Navy helicopter spins out of control, killing three Mexican marines

www.dailymail.co.uk, October 4, 2022
In southeastern Mexico, three marines were killed and two others were wounded after their helicopter plummeted into a field. The helicopter was spotted by a resident in Centla, Tabasco, when it abruptly crashed on Saturday afternoon. According to the Navy, the aircraft was operating a reconnaissance flight in the area.

A Mexican court has granted home admission to a drug lord, 76, who was suspected of the murder of a DEA agent

www.dailymail.co.uk, September 12, 2022
Miguel ngel Gallardo (left, inset), the notorious former drug lord whose cartel was responsible for the 1985 death of Drug Enforcement Administration (DEA) agent Kiki Camarena, a Mexican court has granted home confinement.

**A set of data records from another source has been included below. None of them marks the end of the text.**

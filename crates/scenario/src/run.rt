//! Scripts: a line is read, run and answered before the next one is read.
ghost use Rattle.std.specs.Prelude.{◌≡◌, ◌≤◌, ◌<◌, true, length, Ok, IfOk, IfErr, IfSome, OnOk};
ghost use Rattle.lock_script.specs.Command.{Addresses, NamesCounter, NamesFree};
ghost use Rattle.lock_script.specs.Sessions.{IsThere, MayAct};
ghost use Rattle.scenario.specs.Heard.{Hears, IsEnd, IsLastPicture, IsUnheard};
ghost use Rattle.scenario.specs.Played.{DrawsPicture, Follows, IsPassHeard, IsPollHeard, Plays, Settles, TellsWait};
ghost use Rattle.scenario.specs.Scripts.{IsBadLine, IsScriptHeard, PlaysLine};

use crate::answers::{Answer, Said};
use crate::desks::ScriptDesk;
use crate::listener::{Listener, tell_answer};
use crate::sessions::ScriptState;
use lock_manager::{OwnSession, TableRow};
use lock_script::{Caller, Command, Fault, LineReader, Name, parse};
use lock_table::PartTable;
use shared_rule::Board;
use std::io::Read;
use std::sync::Wait;

/// What the lines of a script act on: a desk with its sessions, and who hears the answers.
pub struct Scene<T: PartTable, B: Board<T>, D: ScriptDesk<OwnSession<T, B>>, L: Listener> {
    pub state: ScriptState<T, B, D>,
    pub listener: L,
}

impl<T: PartTable, B: Board<T>, D: ScriptDesk<OwnSession<T, B>>, L: Listener> Scene<T, B, D, L> {
    /// Draws who waits for whom at the end of the script, where the listener wants that, and tells the
    /// listener that the script has ended. Where `tells_left`, the listener hears next who is left waiting.
    pub(crate) fn tell_end<H: Wait>(&mut self, rt: &H, tells_left: bool) -> Result<(), Fault>
        ensures heard { OnOk result (Hears L.hears self.old.listener self.new.listener IsEnd) }
        ensures unheard { IfErr result IsUnheard }
    {
        self.draw_last(rt)?;
        let state = &self.state;
        self.listener.ended(&state.names, tells_left)
    }

    /// Draws who waits for whom at the end of the script, where the listener wants that.
    fn draw_last<H: Wait>(&mut self, rt: &H) -> Result<(), Fault>
        ensures drawn { OnOk result (Hears L.hears self.old.listener self.new.listener IsLastPicture) }
        ensures unheard { IfErr result IsUnheard }
    {
        let Some(pen) = self.listener.last_pen() else {
            return Ok(());
        };
        match self.state.last_picture(rt, pen) {
            Ok(picture) => {
                let state = &self.state;
                self.listener.picture(&state.names, &picture)
            }
            Err(_) => Err(Fault::NoMemory),
        }
    }

    /// Runs the lines of `reader`, to the end of the script or to the first fault, and tells the listener
    /// that the script has ended where it has no bad line.
    pub(crate) fn run_lines<H: Wait, R: Read + Drop>(
        &mut self,
        rt: &H,
        reader: R,
    ) -> Result<(), Fault>
        ensures played { IsScriptHeard B.seat B.view B.stack D.again D.database_of D.entries L.hears (R.remaining reader)
            (record { sessions = self.old.state.sessions; names = self.old.state.names }) self.old.listener result self.new.listener }
    {
        let mut lines = LineReader::new(reader);
        'lines: while let Some(line) = lines.next_line()? {
            let more = lines.has_line();
            self.run_line(rt, lines.number, line.as_str(), more)?;
        }
        self.tell_end(rt, false)
    }

    /// Tells the listener `line`, which has this `number`, and runs its command if it has one. Where `more`,
    /// the next line is at hand.
    pub(crate) fn run_line<H: Wait>(
        &mut self,
        rt: &H,
        number: u32,
        line: &str,
        more: bool,
    ) -> Result<(), Fault>
        ensures played { OnOk result (Hears L.hears self.old.listener self.new.listener (λ heard.
            PlaysLine B.seat B.view B.stack D.again D.database_of D.entries number
            (record { sessions = self.old.state.sessions; names = self.old.state.names }) line.now heard
            (record { sessions = self.new.state.sessions; names = self.new.state.names }))) }
        ensures bad { IfErr result (λ fault. IsBadLine L.hears number
            (record { sessions = self.old.state.sessions; names = self.old.state.names }) self.old.listener line.now fault
            (record { sessions = self.new.state.sessions; names = self.new.state.names }) self.new.listener) }
    {
        let state = &self.state;
        let parsed = parse(line, &state.sessions, &state.names.objects);
        self.listener
            .begin_line(number, line, more && parsed.is_ok())?;
        match parsed {
            Ok(Some(command)) => self.run(rt, command),
            Ok(None) => Ok(()),
            Err(what) => Err(Fault::BadLine { line: number, what }),
        }
    }

    /// Runs `command` and then polls those who wait, and tells the listener the answer and who goes on.
    pub fn run<H: Wait>(&mut self, rt: &H, command: Command) -> Result<(), Fault>
        requires addressed { Addresses self.old.state.sessions command }
        requires counter { NamesCounter command }
        requires free { NamesFree self.old.state.names.objects command }
        ensures played { OnOk result (Hears L.hears self.old.listener self.new.listener (λ heard.
            Plays B.seat B.view B.stack D.again D.database_of D.entries
            (record { sessions = self.old.state.sessions; names = self.old.state.names }) command heard
            (record { sessions = self.new.state.sessions; names = self.new.state.names }))) }
        ensures unheard { IfErr result IsUnheard }
    {
        let lister = lister_of(&command);
        let answer = self.state.answer(rt, command);
        let state = &self.state;
        tell_answer(&mut self.listener, &state.names, &answer)?;
        self.follow_up(rt, lister, &answer)?;
        self.poll_all(rt)?;
        self.listener.end_line()
    }

    /// Tells the listener what it wants to hear after `answer`: after a listing that `lister` asked for, a
    /// picture of who waits for whom; after an answer that a session waits, who is in its way.
    fn follow_up<H: Wait>(
        &mut self,
        rt: &H,
        lister: Option<Caller>,
        answer: &Answer,
    ) -> Result<(), Fault>
        ensures followed { OnOk result (Hears L.hears self.old.listener self.new.listener (λ more.
            Follows B.seat B.view B.stack answer.now
            (record { sessions = self.old.state.sessions; names = self.old.state.names }) more
            (record { sessions = self.new.state.sessions; names = self.new.state.names }))) }
        ensures unheard { IfErr result IsUnheard }
    {
        if let Some(name) = waiter_of(answer) {
            return self.tell_wait(rt, name);
        }
        match (lister, answer) {
            (Some(caller), Answer::Listing(listing)) => {
                self.draw(rt, caller, listing.table.as_slice())
            }
            _ => Ok(()),
        }
    }

    /// Tells the listener who is in the way of the session `name`, which has begun to wait, as the session
    /// says itself, if the listener wants that.
    fn tell_wait<H: Wait>(&mut self, rt: &H, name: Name) -> Result<(), Fault>
        ensures told { OnOk result (Hears L.hears self.old.listener self.new.listener (λ more.
            TellsWait B.seat B.view B.stack name
            (record { sessions = self.old.state.sessions; names = self.old.state.names }) more
            (record { sessions = self.new.state.sessions; names = self.new.state.names }))) }
        ensures unheard { IfErr result IsUnheard }
    {
        if !self.listener.wants_waits() {
            return Ok(());
        }
        let Some(place) = self.state.sessions.waiting.place_called(&name) else {
            return Ok(());
        };
        match self.state.blocked(rt, place) {
            Ok(blocked) => {
                let state = &self.state;
                self.listener.blocked(&state.names, &blocked)
            }
            Err(_) => Err(Fault::NoMemory),
        }
    }

    /// Draws who waits for whom, by the `rows` of a listing that `caller` asked for, if the listener wants
    /// that.
    fn draw<H: Wait>(&mut self, rt: &H, caller: Caller, rows: &[TableRow]) -> Result<(), Fault>
        ensures drawn { OnOk result (Hears L.hears self.old.listener self.new.listener (λ picture. DrawsPicture B.seat B.view B.stack
            (record { sessions = self.old.state.sessions; names = self.old.state.names }) picture
            (record { sessions = self.new.state.sessions; names = self.new.state.names }))) }
        ensures unheard { IfErr result IsUnheard }
    {
        let Some(pen) = self.listener.pen() else {
            return Ok(());
        };
        if caller.place >= self.state.sessions.resting.len() {
            return Ok(());
        }
        match self.state.picture(rt, caller.place, pen, rows) {
            Ok(picture) => {
                let state = &self.state;
                self.listener.picture(&state.names, &picture)
            }
            Err(refusal) => {
                let state = &self.state;
                self.listener
                    .said(&state.names, caller.name, Said::Refused(refusal))
            }
        }
    }

    /// Polls those who wait, pass by pass, until a pass finds none that goes on. A pass in which one goes on
    /// leaves fewer who wait.
    fn poll_all<H: Wait>(&mut self, rt: &H) -> Result<(), Fault>
        ensures settled { OnOk result (Hears L.hears self.old.listener self.new.listener (λ news. Settles B.seat B.view B.stack
            (record { sessions = self.old.state.sessions; names = self.old.state.names }) news
            (record { sessions = self.new.state.sessions; names = self.new.state.names }))) }
        ensures unheard { IfErr result IsUnheard }
    {
        'passes: while self.poll_each(rt)? {}
        Ok(())
    }

    /// Polls each session that waits, in the byte order of their names, and answers whether one went on.
    fn poll_each<H: Wait>(&mut self, rt: &H) -> Result<bool, Fault>
        ensures passed { IfOk result (λ went_on. IsPassHeard B.seat B.view B.stack L.hears
            (record { sessions = self.old.state.sessions; names = self.old.state.names }) self.old.listener went_on
            (record { sessions = self.new.state.sessions; names = self.new.state.names }) self.new.listener) }
        ensures fewer { result ≡ Ok true →
            length self.new.state.sessions.waiting < length self.old.state.sessions.waiting }
        ensures unheard { IfErr result IsUnheard }
    {
        let mut went_on = false;
        let mut place = 0;
        'places: while place < self.state.sessions.waiting.len() {
            if self.poll(rt, place)? {
                went_on = true;
            } else {
                place += 1;
            }
        }
        Ok(went_on)
    }

    /// Polls the session at `place` of those that wait, carries a cancel out that was asked, and answers
    /// whether the session goes on.
    fn poll<H: Wait>(&mut self, rt: &H, place: usize) -> Result<bool, Fault>
        requires { place < length self.old.state.sessions.waiting }
        ensures fewer { result ≡ Ok true →
            length self.new.state.sessions.waiting < length self.old.state.sessions.waiting }
        ensures no_more { length self.new.state.sessions.waiting ≤ length self.old.state.sessions.waiting }
        ensures polled { IfOk result (λ went_on. IsPollHeard B.seat B.view B.stack L.hears
            (record { sessions = self.old.state.sessions; names = self.old.state.names }) self.old.listener place went_on
            (record { sessions = self.new.state.sessions; names = self.new.state.names }) self.new.listener) }
        ensures unheard { IfErr result IsUnheard }
    {
        match self.state.poll(rt, place) {
            None => Ok(false),
            Some((name, said)) => {
                let state = &self.state;
                self.listener.said(&state.names, name, said)?;
                Ok(true)
            }
        }
    }
}

/// The session that asks for a listing by `command`, if `command` is a `list`.
fn lister_of(command: &Command) -> Option<Caller> {
    match command {
        Command::List(caller) => Some(*caller),
        _ => None,
    }
}

/// The session that waits from now on by `answer`, if `answer` says that one does.
fn waiter_of(answer: &Answer) -> Option<Name>
    ensures { IfSome result (λ name. answer.now ≡ Answer.Said name Said.Waits) }
{
    match answer {
        Answer::Said(name, Said::Waits) => Some(*name),
        _ => None,
    }
}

Félix Gallardo (right), also known as 'The Boss of the Bosses' and 'The Godfather,' has been in jail since 1989 for the abduction and murder of Camarena. In 1989, a judge sentenced the 76-year-old to 40 years in jail for offences involving firearms use and bribery. However, a court found him guilty of the special agent's murder and gave him a 37-year sentence in 2017.

Mexico has received a request from a US extradition for a notorious drug lord connected to the assassination of a 1985 DEA agent

www.dailymail.co.uk, August 16, 2022
Rafael Caro Quintero, who is accused of the 1985 murder of DEA agent Kiki Camarena, Mexico President Andrés Manuel López Obrador, has filed a request for his extradition, according to Mexico President Andrés Manuel López Obrador. The petition comes a month after security forces arrested the 69-year-old infamous drug lord in Sinaloa's northwestern state. Caro Quintero was arrested in Choic, Sinaloa, almost a decade after being released from jail and returned to heroin trafficking, but not in the same manner as he shared the defunct Guadala Cartel's control.